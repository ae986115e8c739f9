//! Which files sinks have stored, and notes on those that a later sink writes too or a source
//! reads, and on a script that is overwritten.
ghost use Rattle.std.specs.Prelude.{◌≡◌, ◌++◌, map, string_bytes, OnOk};
ghost use Rattle.fault_messages.specs.SinkFiles.{writes, writes_later, is_written, is_written_later};
ghost use Rattle.fault_messages.specs.SinkFiles.{quotes_kept, dash_kept, name_note};
ghost use Rattle.fault_messages.specs.SinkFiles.{overwritten, later_note, read_too, source_note};
ghost use Rattle.fault_messages.specs.SinkFiles.{script_too, script_note};

use crate::note_heads::put_note_head;
use crate::places::{has_quote, is_dash, word_at};
use crate::putting::put_behind;
use crate::script_lines::is_read;
use graph_script::Line;
use pw_lists::{Memory, Text};
use run_results::Store;

// Whether a store is of this file.
fn writes(file: &[u8], store: &Store) -> bool
    ensures { result ≡ writes file.now store.now }
{
    store.name.as_slice() == file
}

// Whether it is of this file and of a line after this one.
fn writes_later(number: u32, file: &[u8], store: &Store) -> bool
    ensures { result ≡ writes_later number file.now store.now }
{
    number < store.place && writes(file, store)
}

/// Whether there is a store of this file.
pub fn is_written(stores: &[Store], file: &[u8]) -> bool
    ensures { result ≡ is_written stores.now file.now }
{
    let mut rest = stores;
    while let [store, more @ ..] = rest {
        if writes(file, store) {
            return true;
        }
        rest = more;
    }
    false
}

// Whether there is one of a line after this one.
fn is_written_later(stores: &[Store], number: u32, file: &[u8]) -> bool
    ensures { result ≡ is_written_later stores.now number file.now }
{
    let mut rest = stores;
    while let [store, more @ ..] = rest {
        if writes_later(number, file, store) {
            return true;
        }
        rest = more;
    }
    false
}

#[tactic(auto, unfolding(crate::specs::SinkFiles::overwritten))]
fn put_overwritten(text: &mut Text, file: &[u8]) -> Result<(), Memory>
    ensures { OnOk result (text.new ≡ text.old ++ overwritten file.now) }
{
    put_behind(
        text,
        file,
        b" is written by a later sink too; a regular file keeps what is written last",
    )
}

/// The note on a file of the sink of this line that a later sink writes.
pub fn put_later_note(
    text: &mut Text,
    words: &[String],
    stores: &[Store],
    number: u32,
    file: &[u8],
) -> Result<(), Memory>
    ensures { OnOk result (text.new ≡ text.old
        ++ later_note (map string_bytes words.now) stores.now number file.now) }
{
    if !is_written_later(stores, number, file) {
        return Ok(());
    }
    put_note_head(text, words, number)?;
    put_overwritten(text, file)?;
    text.extend(b"\n")
}

#[tactic(auto, unfolding(crate::specs::SinkFiles::quotes_kept))]
fn put_quotes_kept(text: &mut Text, file: &[u8]) -> Result<(), Memory>
    ensures { OnOk result (text.new ≡ text.old ++ quotes_kept file.now) }
{
    put_behind(
        text,
        file,
        b" is the whole name of the file; quotes are a part of it",
    )
}

#[tactic(auto, unfolding(crate::specs::SinkFiles::dash_kept))]
fn dash_kept() -> &'static [u8]
    ensures { result.now ≡ dash_kept }
{
    b"\"-\" is the name of the file; standard output is /dev/stdout"
}

/// The note on the name of the file of a sink, where other programs may take it otherwise.
pub fn put_name_note(
    text: &mut Text,
    words: &[String],
    number: u32,
    file: &[u8],
) -> Result<(), Memory>
    ensures { OnOk result (text.new ≡ text.old
        ++ name_note (map string_bytes words.now) number file.now) }
{
    if has_quote(file) {
        put_note_head(text, words, number)?;
        put_quotes_kept(text, file)?;
        text.extend(b"\n")
    } else if is_dash(file) {
        put_note_head(text, words, number)?;
        text.extend(dash_kept())?;
        text.extend(b"\n")
    } else {
        Ok(())
    }
}

#[tactic(auto, unfolding(crate::specs::SinkFiles::read_too))]
fn put_read_too(text: &mut Text, file: &[u8]) -> Result<(), Memory>
    ensures { OnOk result (text.new ≡ text.old ++ read_too file.now) }
{
    put_behind(
        text,
        file,
        b" is a source's file too: it was read first, and written after that",
    )
}

/// The note on a file that a source of the script reads.
pub fn put_source_note(
    text: &mut Text,
    words: &[String],
    lines: &[Line],
    number: u32,
    file: &[u8],
) -> Result<(), Memory>
    ensures { OnOk result (text.new ≡ text.old
        ++ source_note (map string_bytes words.now) lines.now number file.now) }
{
    if !is_read(lines, file) {
        return Ok(());
    }
    put_note_head(text, words, number)?;
    put_read_too(text, file)?;
    text.extend(b"\n")
}

#[tactic(auto, unfolding(crate::specs::SinkFiles::script_too))]
fn put_script_too(text: &mut Text, file: &[u8]) -> Result<(), Memory>
    ensures { OnOk result (text.new ≡ text.old ++ script_too file.now) }
{
    put_behind(
        text,
        file,
        b" is the script itself: it was read first, and its text is gone now",
    )
}

/// The note on a file that is the script.
pub fn put_script_note(
    text: &mut Text,
    words: &[String],
    number: u32,
    file: &[u8],
) -> Result<(), Memory>
    ensures { OnOk result (text.new ≡ text.old
        ++ script_note (map string_bytes words.now) number file.now) }
{
    if word_at(words, 1) != file {
        return Ok(());
    }
    put_note_head(text, words, number)?;
    put_script_too(text, file)?;
    text.extend(b"\n")
}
_ _ _ _
__THE PROBLEM__: Reproduce all of the entries word for word. Omit nothing.

__SOLUTION BELOW__:
repository ae986115e8c739f9
//! Which files sinks have stored, and notes on those that a later sink writes too or a source
//! reads, and on a script that is overwritten.
ghost use Rattle.std.specs.Prelude.{◌≡◌, ◌++◌, map, string_bytes, OnOk};
ghost use Rattle.fault_messages.specs.SinkFiles.{writes, writes_later, is_written, is_written_later};
ghost use Rattle.fault_messages.specs.SinkFiles.{quotes_kept, dash_kept, name_note};
ghost use Rattle.fault_messages.specs.SinkFiles.{overwritten, later_note, read_too, source_note};
ghost use Rattle.fault_messages.specs.SinkFiles.{script_too, script_note};

use crate::note_heads::put_note_head;
use crate::places::{has_quote, is_dash, word_at};
use crate::putting::put_behind;
use crate::script_lines::is_read;
use graph_script::Line;
use pw_lists::{Memory, Text};
use run_results::Store;

// Whether a store is of this file.
fn writes(file: &[u8], store: &Store) -> bool
    ensures { result ≡ writes file.now store.now }
{
    store.name.as_slice() == file
}

// Whether it is of this file and of a line after this one.
fn writes_later(number: u32, file: &[u8], store: &Store) -> bool
    ensures { result ≡ writes_later number file.now store.now }
{
    number < store.place && writes(file, store)
}

/// Whether there is a store of this file.
pub fn is_written(stores: &[Store], file: &[u8]) -> bool
    ensures { result ≡ is_written stores.now file.now }
{
    let mut rest = stores;
    while let [store, more @ ..] = rest {
        if writes(file, store) {
            return true;
        }
        rest = more;
    }
    false
}

// Whether there is one of a line after this one.
fn is_written_later(stores: &[Store], number: u32, file: &[u8]) -> bool
    ensures { result ≡ is_written_later stores.now number file.now }
{
    let mut rest = stores;
    while let [store, more @ ..] = rest {
        if writes_later(number, file, store) {
            return true;
        }
        rest = more;
    }
    false
}

#[tactic(auto, unfolding(crate::specs::SinkFiles::overwritten))]
fn put_overwritten(text: &mut Text, file: &[u8]) -> Result<(), Memory>
    ensures { OnOk result (text.new ≡ text.old ++ overwritten file.now) }
{
    put_behind(
        text,
        file,
        b" is written by a later sink too; a regular file keeps what is written last",
    )
}

/// The note on a file of the sink of this line that a later sink writes.
pub fn put_later_note(
    text: &mut Text,
    words: &[String],
    stores: &[Store],
    number: u32,
    file: &[u8],
) -> Result<(), Memory>
    ensures { OnOk result (text.new ≡ text.old
        ++ later_note (map string_bytes words.now) stores.now number file.now) }
{
    if !is_written_later(stores, number, file) {
        return Ok(());
    }
    put_note_head(text, words, number)?;
    put_overwritten(text, file)?;
    text.extend(b"\n")
}

#[tactic(auto, unfolding(crate::specs::SinkFiles::quotes_kept))]
fn put_quotes_kept(text: &mut Text, file: &[u8]) -> Result<(), Memory>
    ensures { OnOk result (text.new ≡ text.old ++ quotes_kept file.now) }
{
    put_behind(
        text,
        file,
        b" is the whole name of the file; quotes are a part of it",
    )
}

#[tactic(auto, unfolding(crate::specs::SinkFiles::dash_kept))]
fn dash_kept() -> &'static [u8]
    ensures { result.now ≡ dash_kept }
{
    b"\"-\" is the name of the file; standard output is /dev/stdout"
}

/// The note on the name of the file of a sink, where other programs may take it otherwise.
pub fn put_name_note(
    text: &mut Text,
    words: &[String],
    number: u32,
    file: &[u8],
) -> Result<(), Memory>
    ensures { OnOk result (text.new ≡ text.old
        ++ name_note (map string_bytes words.now) number file.now) }
{
    if has_quote(file) {
        put_note_head(text, words, number)?;
        put_quotes_kept(text, file)?;
        text.extend(b"\n")
    } else if is_dash(file) {
        put_note_head(text, words, number)?;
        text.extend(dash_kept())?;
        text.extend(b"\n")
    } else {
        Ok(())
    }
}

#[tactic(auto, unfolding(crate::specs::SinkFiles::read_too))]
fn put_read_too(text: &mut Text, file: &[u8]) -> Result<(), Memory>
    ensures { OnOk result (text.new ≡ text.old ++ read_too file.now) }
{
    put_behind(
        text,
        file,
        b" is a source's file too: it was read first, and written after that",
    )
}

/// The note on a file that a source of the script reads.
pub fn put_source_note(
    text: &mut Text,
    words: &[String],
    lines: &[Line],
    number: u32,
    file: &[u8],
) -> Result<(), Memory>
    ensures { OnOk result (text.new ≡ text.old
        ++ source_note (map string_bytes words.now) lines.now number file.now) }
{
    if !is_read(lines, file) {
        return Ok(());
    }
    put_note_head(text, words, number)?;
    put_read_too(text, file)?;
    text.extend(b"\n")
}

#[tactic(auto, unfolding(crate::specs::SinkFiles::script_too))]
fn put_script_too(text: &mut Text, file: &[u8]) -> Result<(), Memory>
    ensures { OnOk result (text.new ≡ text.old ++ script_too file.now) }
{
    put_behind(
        text,
        file,
        b" is the script itself: it was read first, and its text is gone now",
    )
}

/// The note on a file that is the script.
pub fn put_script_note(
    text: &mut Text,
    words: &[String],
    number: u32,
    file: &[u8],
) -> Result<(), Memory>
    ensures { OnOk result (text.new ≡ text.old
        ++ script_note (map string_bytes words.now) number file.now) }
{
    if word_at(words, 1) != file {
        return Ok(());
    }
    put_note_head(text, words, number)?;
    put_script_too(text, file)?;
    text.extend(b"\n")
}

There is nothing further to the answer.